Bu başlıkta yazı çıktı geçenlerde. Bizim niyetimizi üzüm yemek, bağcıyı dövmek değil. Tabi kimsenin kimseyi sevmek gibi mecburiyeti yok.
Hani halk arasında konuşulur ya, “Sen sevmesen de olur, beni Allah sevsin!”
Yok, o kadar da ucuz , basit değil.
Şunu bilir, bunu söylerim. Bağdat Müftüsü değilim ama, Allah’ın yarattığı her canlı sevilmeye muhtaçtır. Sevmese Allah yaratmazdı zaten!
Lakin…
Günümüzde insanlar ayrıştılar…
Sağcısı çıktı, solcusu çıktı.
Topçusu, popçusu derken, sanki toplumda bir kutuplaşma söz konusu imiş gibi, ayrışmalar başladı.

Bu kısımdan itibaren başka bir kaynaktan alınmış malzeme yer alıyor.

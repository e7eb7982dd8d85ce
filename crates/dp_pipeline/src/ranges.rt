ghost use Rattle.std.specs.Prelude.{◌≡◌, length};
ghost use Rattle.std.specs.List.{list_all, list_any};
ghost use Rattle.dp_domain.specs.Distance.{text_eq};
ghost use Rattle.dp_rowwise.specs.Categories.{are_different};
ghost use Rattle.dp_pipeline.specs.Accepted.{is_name_length, few_columns, are_names, are_columns, is_name_byte, is_plan_name, is_rule, is_version, are_plans, is_in_range};

use crate::content::Content;
use crate::plan::Plan;
use crate::root::RootSpec;
use crate::stages::is_text;
use dp_budget::are_mids;
use dp_domain::Text;
use dp_num::Ratio;

/// The greatest number of columns.
const MOST_COLUMNS: usize = 64;

/// The greatest number of plans.
const MOST_PLANS: usize = 256;

/// The greatest number of bytes of a name.
const MOST_NAME: u64 = 64;

/// Whether the numbers and the names are in their ranges.
#[tactic(auto, unfolding(crate::specs::Accepted::is_in_range))]
pub(crate) fn is_in_range(content: &Content) -> bool
    ensures { result ≡ is_in_range content.now }
{
    is_version(content.version)
        && are_columns(content.columns.as_slice())
        && Ratio::new(content.p, content.q).is_ok()
        && is_rule(&content.root)
        && are_plans(content.plans.as_slice())
}

/// Whether there is a form of that version.
fn is_version(version: u64) -> bool
    ensures { result ≡ is_version version }
{
    version == 1 || version == 2
}

/// Whether these are 1 to 64 names of columns.
#[tactic(auto, unfolding(crate::specs::Accepted::are_columns))]
fn are_columns(columns: &[Text]) -> bool
    ensures { result ≡ are_columns columns.now }
{
    few_columns(columns.len()) && are_names(columns)
}

/// Whether the number of columns is from 1 to 64.
fn few_columns(len: usize) -> bool
    ensures { result ≡ few_columns len }
{
    1 <= len && len <= MOST_COLUMNS
}

/// Whether each name has 1 to 64 bytes, and no two are equal.
fn are_names(names: &[Text]) -> bool
    ensures { result ≡ are_names names.now }
{
    are_short(names) && are_different(names)
}

/// Whether each name has 1 to 64 bytes.
fn are_short(names: &[Text]) -> bool
    ensures { result ≡ list_all (λ name. is_name_length (length name)) names.now }
{
    names.iter().all(|name| is_column_name(name))
}

/// Whether the text has 1 to 64 bytes.
fn is_column_name(name: &Text) -> bool
    ensures { result ≡ is_name_length (length name.now) }
{
    1 <= name.len() && name.len() <= MOST_NAME
}

/// Whether no text is equal to one after it.
#[tactic(auto, unfolding(dp_rowwise::specs::Categories::are_different))]
fn are_different(texts: &[Text]) -> bool
    ensures { result ≡ are_different texts.now }
{
    let Some((text, rest)) = texts.split_first() else {
        return true;
    };
    !has_text(rest, text) && are_different(rest)
}

/// Whether the text is among the others.
fn has_text(others: &[Text], text: &Text) -> bool
    ensures { result ≡ list_any (text_eq text.now) others.now }
{
    others.iter().any(|other| is_text(other, text.as_slice()))
}

/// Whether the budget's mids, if it has any, are within their limits.
fn is_rule(root: &RootSpec) -> bool
    ensures { result ≡ is_rule root.now }
{
    match root {
        RootSpec::Compositor(mids) => are_mids(mids.as_slice()),
        RootSpec::Filter(_) => true,
        RootSpec::Odometer => true,
    }
}

/// Whether these are at most 256 plans with names of plans.
fn are_plans(plans: &[Plan]) -> bool
    ensures { result ≡ are_plans plans.now }
{
    plans.len() <= MOST_PLANS && are_named(plans)
}

/// Whether all plans have names of plans.
fn are_named(plans: &[Plan]) -> bool
    ensures { result ≡ list_all (λ plan. is_plan_name plan.name) plans.now }
{
    plans.iter().all(|plan| is_plan_name(&plan.name))
}

/// Whether the text is 1 to 64 ASCII letters, digits, `_` or `-`.
#[tactic(auto, unfolding(crate::specs::Accepted::is_plan_name))]
fn is_plan_name(name: &Text) -> bool
    ensures { result ≡ is_plan_name name.now }
{
    is_column_name(name) && are_name_bytes(name.as_slice())
}

/// Whether all bytes are ASCII letters, digits, `_` or `-`.
fn are_name_bytes(bytes: &[u8]) -> bool
    ensures { result ≡ list_all is_name_byte bytes.now }
{
    bytes.iter().all(|byte| is_name_byte(*byte))
}

/// Whether the byte is an ASCII letter, a digit, `_` or `-`.
#[tactic(auto, unfolding(crate::specs::Accepted::is_name_byte))]
fn is_name_byte(byte: u8) -> bool
    ensures { result ≡ is_name_byte byte }
{
    matches!(byte, b'A'..=b'Z' | b'a'..=b'z' | b'0'..=b'9' | b'_' | b'-')
}
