ghost use Rattle.std.specs.Prelude.{◌≡◌, ◌≤◌, ◌^◌, IfOk};
ghost use Rattle.dp_domain.specs.Domains.{Fits};
ghost use Rattle.dp_pipeline.specs.Places.{PlaceValue, after_stage};

use dp_chain::{AnyTransformation, Stage};
use dp_count::NoMemory;
use dp_domain::{Domain, Metric};
use dp_law::{MakeFault, Transformation};
use std::alloc::Global;
use std::marker::Model;

/// Where stages and noises are made: a domain, a metric, and the distance of values there, at most 2^32.
#[derive(Clone, Copy, Debug)]
pub struct Place {
    domain: Domain,
    metric: Metric,
    distance: u64,
}

impl Model for Place {
    ghost use Rattle.std.specs.Prelude.{◌≤◌, ◌^◌};
    ghost use Rattle.dp_domain.specs.Domains.{Fits};
    ghost use Rattle.dp_pipeline.specs.Places.{PlaceValue};

    ghost Value = { PlaceValue };

    ghost view = { λ place. record {
      domain = place.domain;
      metric = place.metric;
      distance = place.distance;
    } };

    ghost inverse = { λ place. record {
      domain = place.domain;
      metric = place.metric;
      distance = place.distance;
    } };

    ghost invariant = { λ place. Fits place.domain × (place.distance ≤ 2 ^ 32) };
}

impl Place {
    /// The place of a domain, a metric and a distance.
    pub fn new(domain: Domain, metric: Metric, distance: u64) -> Place
        requires fits { Fits domain }
        requires within { distance ≤ 2 ^ 32 }
        ensures { result ≡ record { domain = domain; metric = metric; distance = distance } }
    {
        Place {
            domain,
            metric,
            distance,
        }
    }

    /// The domain.
    pub fn domain(&self) -> Domain
        ensures domain { result ≡ self.now.domain }
        ensures fits { Fits result }
    {
        self.domain
    }

    /// The metric.
    pub fn metric(&self) -> Metric
        ensures { result ≡ self.now.metric }
    {
        self.metric
    }

    /// The distance.
    pub fn distance(&self) -> u64
        ensures distance { result ≡ self.now.distance }
        ensures within { result ≤ 2 ^ 32 }
    {
        self.distance
    }

    /// Where a stage leads, if it is made.
    #[tactic(auto, unfolding(crate::specs::Places::after_stage))]
    pub(crate) fn after(&self, alloc: Global, stage: &Stage) -> Result<Option<Place>, NoMemory>
        ensures { IfOk result (λ next. next ≡ after_stage stage.now self.now) }
    {
        let made = match AnyTransformation::make(alloc, self.domain, self.metric, stage) {
            Ok(made) => made,
            Err(MakeFault::NoMemory) => return Err(NoMemory),
            Err(_) => return Ok(None),
        };
        match made.map(self.distance) {
            Ok(distance) => Ok(Some(Place {
                domain: made.out_domain(),
                metric: made.out_metric(),
                distance,
            })),
            Err(_) => Ok(None),
        }
    }
}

Alevisi, Sünnisi farklarını ortaya koymak için yarış halinde…
*
Sevgi Allah’tan.
İnsanlar birini sever ya da sevmez, ama saygı kaçınılmaz. Şahsa değilse de makama…
Önemli olan, sevmelerin çıkara dayalı olmaması. Sonradan, bir günde oluşan nefretlerin de…
Bir bedel, bir çıkar olmamalı sevmenin ucunda.
Ya da aksi…
Sonra, herkesin sevgi anlayışı farklı. İnançlarına, meşreplerine ve bulunduğu coğrafya dahil, yetiştiği bölgeye, kültürüne göre değişkenlik gösterebiliyorken, benim ve senin sevmek zorunda olduğumuz insanları bir başkasının sevmesi zorunluluk arz etmiyorsa, birileri istedi diye ötelediğiniz kimseyi, kimseleri sevmekten alıkoyamaz beni kimse.
*
Kendini sevmeyen insanın başkasını sevmesini bekleyemezsiniz. Sonra sevginin ölçüsü nedir, biri buna anlatıversin!
Yazımı bir veciz söz ile bitirecek olursam, “Sev seni seveni kapında kölen olsa, sevme seni sevmeyeni Mısır’a sultan olsa!”